オクシモロン(oxymoron)とも言いますね(余談ですが私はオクシモロンという言葉を以下の曲で知りました)
私はこの撞着語法が大好きです。多義性、曖昧さ、グラデーション、そういったものを含んだ繊細で賢明で優しい表現であり、固定観念や一様な思考から離れた自由で詩的な表現だと思うからです。
今回は撞着語法の例と魅力、実際に活用する上での注意点などについてまとめたいと思います。
(※あくまで素人が自分の思考を整理したものですのでご了承ください。)
撞着語法の例とその魅力
私の好きなBUMP OF CHICKENは撞着語法的な表現を多用することで知られています。
以下はその一例です。
上記の例では「聞こえない言葉」+「呟いてる」
と「皆集まって」「全員ひとりぼっち」で、撞着語法がダブルで使われています(贅沢ですね)。
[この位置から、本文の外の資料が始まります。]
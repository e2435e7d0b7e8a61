//! Journals on disks that stop, or of which a call fails.

ghost use Rattle.std.specs.Prelude.{◌≤◌, IfSome, length};
ghost use Rattle.journal_records.specs.Found.{FitsBuffer};

use basil_types::bytes::Bytes;
use basil_types::source::Failed;
use journal_disk::disk::Disk;
use journal_disk::memory::MemDisk;
use journal_records::Found::{Broken, Closed, Record};
use journal_records::{
    Found, GREATEST_ENTRY, LEAST_ENTRY, SpelledRecord, append, create, gate_behind, is_full, next,
    open,
};
use std::alloc::Global;
use std::test::Fail;

/// What happens while a record is appended.
#[derive(Clone, Copy)]
enum Happens {
    Nothing,
    /// The disk stops within this of its writes, which then holds the bytes, repeated from the front.
    StopsIn(u64, &'static [u8]),
    /// This call of the disk fails.
    Fails(u64),
}

use Happens::{Fails, Nothing, StopsIn};

/// The records of a journal, in order.
const RECORDS: &[&[u8]] = &[
    b"alder and ash",
    b"beech, birch, box",
    b"cedar, cherry, chestnut",
];

/// What is appended at last: the shortest, so that bytes of a torn record stand behind its closed gate.
const LAST: &[u8] = b"dogwood, elm";

// How many records a journal has, what happens while one more is appended, and how many it has then.
const ROWS: &[(usize, Happens, usize)] = &[
    (1, Nothing, 2),
    (2, Nothing, 3),
    // The first write is of the record and the closed gate behind it.
    (1, StopsIn(1, b"\x00"), 1),
    (1, StopsIn(1, b"\x01"), 1),
    (1, StopsIn(1, b"\x4d"), 1),
    (1, StopsIn(1, b"\x00\x01"), 1),
    (1, StopsIn(1, b"\x01\x01"), 1),
    (2, StopsIn(1, b"\x00"), 2),
    (2, StopsIn(1, b"\x01"), 2),
    // The second opens its gate, where the first byte is 01.
    (1, StopsIn(2, b"\x00"), 1),
    (1, StopsIn(2, b"\x01"), 2),
    (1, StopsIn(2, b"\x4d"), 1),
    (1, StopsIn(2, b"\x00\x01"), 1),
    (1, StopsIn(2, b"\x01\x01"), 2),
    (2, StopsIn(2, b"\x00"), 2),
    (2, StopsIn(2, b"\x01"), 3),
    // Calls 1 and 2 create the journal, and each record takes four: it is written, kept, opened, and kept open.
    (1, Fails(7), 1),
    (1, Fails(8), 1),
    (1, Fails(9), 1),
    (2, Fails(11), 2),
    (2, Fails(12), 2),
    (2, Fails(13), 2),
    // Where the last of them fails, the record is there or not; on this disk it is.
    (1, Fails(10), 2),
    (2, Fails(14), 3),
];

/// Appends the record behind the gate at this place, in two pieces.
fn append_pieces(alloc: Global, disk: &mut MemDisk, end: u64, entry: &[u8]) -> Result<u64, Failed> {
    if is_full(end) || entry.len() < LEAST_ENTRY || GREATEST_ENTRY < entry.len() {
        return Err(Failed);
    }
    let (front, rest) = entry.split_at(LEAST_ENTRY);
    let record = SpelledRecord::new(alloc, front, rest).map_err(|_| Failed)?;
    append(disk, end, &record)
}

/// Begins a journal of the first so many records, and says where its last gate stands.
fn begin(alloc: Global, disk: &mut MemDisk, count: usize) -> Result<u64, Failed> {
    create(disk)?;
    let mut end = 0;
    for &entry in RECORDS.iter().take(count) {
        end = append_pieces(alloc, disk, end, entry)?;
    }
    Ok(end)
}

/// Has the disk stop, if it is to.
fn await_stop(alloc: Global, disk: &mut MemDisk, happens: Happens) -> Result<(), Failed> {
    let StopsIn(write, bytes) = happens else {
        return Ok(());
    };
    if write == 0 || bytes.is_empty() {
        return Err(Failed);
    }
    let bytes = Bytes::copy_of(alloc, bytes).map_err(|_| Failed)?;
    disk.stop_in(write, bytes);
    Ok(())
}

/// Begins a journal, has this happen while one more record is appended, and says whether the append went through.
fn append_one(
    alloc: Global,
    disk: &mut MemDisk,
    count: usize,
    happens: Happens,
) -> Result<bool, Failed> {
    let end = begin(alloc, disk, count)?;
    await_stop(alloc, disk, happens)?;
    match RECORDS.get(count) {
        Some(entry) => Ok(append_pieces(alloc, disk, end, entry).is_ok()),
        None => Err(Failed),
    }
}

/// What stands at the gate at this place.
fn look(disk: &mut MemDisk, at: u64, buffer: &mut [u8]) -> Option<Found>
    ensures { IfSome result (λ found. FitsBuffer found buffer.new) }
{
    if is_full(at) || buffer.len() < GREATEST_ENTRY {
        return None;
    }
    next(disk, at, buffer).ok()
}

/// The place of the gate behind the record at this place, if it is this one.
fn gate_after(disk: &mut MemDisk, at: u64, entry: &[u8], buffer: &mut [u8]) -> Option<u64> {
    match look(disk, at, buffer) {
        Some(Record(count)) if !is_full(at) && &buffer[..count] == entry => {
            Some(gate_behind(at, count))
        }
        _ => None,
    }
}

/// The place of the gate behind the first so many records, if these are what is found.
fn gate_after_all(disk: &mut MemDisk, count: usize, buffer: &mut [u8]) -> Option<u64> {
    let mut at = 0;
    for &entry in RECORDS.iter().take(count) {
        at = gate_after(disk, at, entry, buffer)?;
    }
    Some(at)
}

/// Whether the journal has the first so many records and no other, and goes on with one more.
fn goes_on(alloc: Global, disk: &mut MemDisk, count: usize, buffer: &mut [u8]) -> Option<bool> {
    open(disk).ok()?;
    let end = gate_after_all(disk, count, buffer)?;
    let ends = look(disk, end, buffer)? == Closed;
    append_pieces(alloc, disk, end, LAST).ok()?;
    let again = gate_after_all(disk, count, buffer)?;
    let last = gate_after(disk, again, LAST, buffer)?;
    Some(ends && look(disk, last, buffer)? == Closed)
}

/// The calls that are to fail.
fn failing_of(alloc: Global, happens: Happens) -> Result<Vec<u64>, Failed> {
    let listed = match happens {
        Fails(call) => Vec::from_slice(alloc, &[call]),
        _ => Ok(Vec::new(alloc)),
    };
    listed.map_err(|_| Failed)
}

/// Whether a journal has so many records after this has happened to it, and goes on. The append must go through where
/// nothing happens, and fail elsewhere.
fn is_row(
    alloc: Global,
    (before, happens, then): (usize, Happens, usize),
    buffer: &mut [u8],
) -> bool {
    let Ok(failing) = failing_of(alloc, happens) else {
        return false;
    };
    let mut disk = MemDisk::failing(alloc, failing);
    let went = append_one(alloc, &mut disk, before, happens);
    let mut disk = disk.revive();
    let goes = goes_on(alloc, &mut disk, then, buffer);
    went == Ok(matches!(happens, Nothing)) && goes == Some(true)
}

#[test]
fn no_stop_loses_a_record(rt: HostRuntime) -> Result<(), Fail> {
    let mut buffer = vec![in rt.alloc(); 0u8; GREATEST_ENTRY]?;
    let mut place = 0usize;
    for &row in ROWS {
        assert!(rt; is_row(rt.alloc(), row, &mut buffer), "row {place}");
        place = place.saturating_add(1);
    }
    Ok(())
}

// A journal of one record.
const ONE_RECORD: &[u8] = &[
    0x01, // the gate, open
    0x00, 0x00, 0x00, 0x0d, // the length
    0x61, 0x6c, 0x64, 0x65, 0x72, 0x20, 0x61, 0x6e, 0x64, 0x20, 0x61, 0x73, 0x68, // the record
    0x00, // the gate behind it, closed
];

#[test]
fn a_record_is_spelled(rt: HostRuntime) -> Result<(), Fail> {
    let record = SpelledRecord::new(rt.alloc(), b"alder", b" and ash")?;
    assert!(rt; record.bytes() == &ONE_RECORD[1..]);
    Ok(())
}

#[test]
fn a_journal_of_one_record(rt: HostRuntime) {
    let mut disk = MemDisk::new(rt.alloc());
    assert!(rt; begin(rt.alloc(), &mut disk, 1) == Ok(18));
    assert!(rt; disk.bytes() == ONE_RECORD);
}

// A journal that stopped in the first write of its second record, with 01 all over, and went on with the last.
const GONE_ON: &[u8] = &[
    0x01, // the gate, open
    0x00, 0x00, 0x00, 0x0d, // the length
    0x61, 0x6c, 0x64, 0x65, 0x72, 0x20, 0x61, 0x6e, 0x64, 0x20, 0x61, 0x73, 0x68, // the record
    0x01, // the gate behind it, open
    0x00, 0x00, 0x00, 0x0c, // the length
    0x64, 0x6f, 0x67, 0x77, 0x6f, 0x6f, 0x64, 0x2c, 0x20, 0x65, 0x6c, 0x6d, // the record
    0x00, // the gate behind it, closed
    0x01, 0x01, 0x01, 0x01, 0x01, // of the torn record
];

#[test]
fn torn_bytes_stay_behind_the_gate(rt: HostRuntime) -> Result<(), Fail> {
    let mut buffer = vec![in rt.alloc(); 0u8; GREATEST_ENTRY]?;
    let mut disk = MemDisk::new(rt.alloc());
    let went = append_one(rt.alloc(), &mut disk, 1, StopsIn(1, b"\x01"));
    let mut disk = disk.revive();
    let goes = goes_on(rt.alloc(), &mut disk, 1, &mut buffer);
    assert!(rt; went == Ok(false) && goes == Some(true));
    assert!(rt; disk.bytes() == GONE_ON);
    Ok(())
}

// Bytes, how many they are with zeros behind them, and what stands at their gate.
const GATES: &[(&[u8], u64, Found)] = &[
    (b"", 0, Broken),
    (b"\x00", 1, Closed),
    (b"\x02", 1, Closed),
    (b"\x4d", 1, Closed),
    (b"\x01", 1, Broken),
    // The length is cut.
    (b"\x01", 4, Broken),
    // 11 bytes, and 12.
    (b"\x01\x00\x00\x00\x0b", 18, Broken),
    (b"\x01\x00\x00\x00\x0c", 16, Broken),
    (b"\x01\x00\x00\x00\x0c", 17, Record(12)),
    // 1,048,587 bytes, and 1,048,588.
    (b"\x01\x00\x10\x00\x0b", 1_048_591, Broken),
    (b"\x01\x00\x10\x00\x0b", 1_048_592, Record(1_048_587)),
    (b"\x01\x00\x10\x00\x0c", 1_048_593, Broken),
];

/// Writes the bytes, and zeros behind them up to so many.
fn write_padded(disk: &mut MemDisk, bytes: &[u8], count: u64) -> Result<(), Failed> {
    disk.write_at(0, bytes)?;
    if (bytes.len() as u64) < count {
        disk.write_at(count - 1, &[0x00])?;
    }
    Ok(())
}

/// What stands at the gate of a disk that holds the bytes, and zeros behind them up to so many.
fn found_in(alloc: Global, bytes: &[u8], count: u64, buffer: &mut [u8]) -> Option<Found> {
    let mut disk = MemDisk::new(alloc);
    let written = write_padded(&mut disk, bytes, count);
    let found = look(&mut disk, 0, buffer);
    written.ok().and(found)
}

#[test]
fn gates_are_closed_open_or_broken(rt: HostRuntime) -> Result<(), Fail> {
    let mut buffer = vec![in rt.alloc(); 0u8; GREATEST_ENTRY]?;
    for &(bytes, count, found) in GATES {
        assert!(rt;
            found_in(rt.alloc(), bytes, count, &mut buffer) == Some(found),
            "{count} bytes"
        );
    }
    Ok(())
}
2行目では「皆集まって」という通例ポジティブな言葉が前にあることで後ろの「全員ひとりぼっち」の孤独感が強調されるほか、「皆集まって」「ひとりぼっち」という矛盾する2つの言葉が一行に組み込まれていること自体が不思議な感覚や面白みを生んでいます。これが撞着語法の魅力です。
撞着語法の使い方
撞着語法は単なる対義語ではありません。
たとえば、
「小と大」「真実と嘘」
これらは単に対義語を並べただけであり、大抵の場合は単純で、大味で、チープな表現になります(もちろんこれらが映えるときもあるでしょう。太字のゴシック体のようなものです)
撞着語法的な表現は、以下のようなものです。
「小さな巨人」「優しい嘘」
まず、「形容詞」+「名詞」になっていることに注意してください。単に「名詞」+「名詞」で並列に並べたときに比べて表現に深みが増したと思います。
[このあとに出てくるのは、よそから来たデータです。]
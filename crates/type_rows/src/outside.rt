//! Sources, sinks and clocks in memory.

use basil_types::clock::{Clock, MemClock};
use basil_types::sink::{MemSink, Sink, SureSink};
use basil_types::source::{Failed, MemSource, Source, SureSource};
use std::test::Fail;

/// What each read of 1, 2, 3 in pieces of at most 2 answers, where the second fails, and the buffer's first byte then.
const READS: &[(Result<usize, Failed>, u8)] = &[
    (Ok(2), 1),
    (Err(Failed), 1),
    (Ok(1), 3),
    (Ok(0), 3),
];

#[test]
fn sources_give_pieces(rt: HostRuntime) -> Result<(), Fail> {
    let alloc = rt.alloc();
    let failing = Vec::from_slice(alloc, &[2u64])?;
    let mut source = MemSource::new(Vec::from_slice(alloc, &[1, 2, 3])?, 2, failing);
    let mut buf = [0u8; 8];
    for &(answer, first) in READS {
        assert!(rt; source.read(&mut buf) == answer);
        assert!(rt; buf[0] == first);
    }
    let mut sure = SureSource::new(Vec::from_slice(alloc, &[4, 5])?, 3);
    assert!(rt; sure.read(&mut buf) == Ok(2));
    assert!(rt; (buf[0], buf[1]) == (4, 5));
    assert!(rt; sure.read(&mut buf) == Ok(0));
    Ok(())
}

/// Writes to a sink with room for three bytes of which the second fails, and what they answer.
const WRITES: &[(&[u8], Result<(), Failed>)] = &[
    (&[1, 2], Ok(())),
    (&[3], Err(Failed)),
    (&[3, 4], Err(Failed)),
    (&[5], Ok(())),
];

#[test]
fn sinks_take_bytes(rt: HostRuntime) -> Result<(), Fail> {
    let alloc = rt.alloc();
    let mut sink = MemSink::new(alloc, 3, Vec::from_slice(alloc, &[2u64])?)?;
    for &(bytes, answer) in WRITES {
        assert!(rt; sink.write(bytes) == answer);
    }
    assert!(rt; sink.bytes() == [1, 2, 5].as_slice());
    let mut sure = SureSink::new();
    assert!(rt; sure.write(&[1, 2]) == Ok(()));
    Ok(())
}

#[test]
fn clocks_tick(rt: HostRuntime) -> Result<(), Fail> {
    let mut clock = MemClock::new(Vec::from_slice(rt.alloc(), &[5u64, 7])?);
    for moment in [5, 7, 0, 0] {
        assert!(rt; clock.now() == moment);
    }
    Ok(())
}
次に、2つ目の「優しい嘘」に注目しましょう。「嘘」の対義語は「真」「真実」であり、「優しい」は対義語というわけではありません。しかし、「嘘」という言葉は一般にネガティブな意味を持ち、「優しい」というポジティブな言葉と結びつきにくいものです。この2つを結びつけることで表現に幽深な色を持たせることができています。
この「優しい嘘」という表現は「本当の嘘」「正しい嘘」とするより良い表現になっていると思わないでしょうか。その理由は単なる対義語的な表現から離れた「捻り」にあると思います。
赤と青 → 赤い青 → 燃えるような青
生と死 → 生きた死体 → 生きた化石
上記の例では「赤い」ではなくそこから連想される「燃えるような」という修飾語、「死体」ではなくその性質を持った「化石」という名詞にそれぞれ表現を置き換えています。この連想ゲーム的な「捻り」が表現に奥行きと深みを持たせる本質です。
まとめ
・撞着語法は矛盾する言葉を一つの表現に組みこむこんだもの。
・撞着語法は単なる対義語の並列ではない。
・「捻り」が良い撞着語法の本質。
以上になります。
読んでくださりありがとうございました。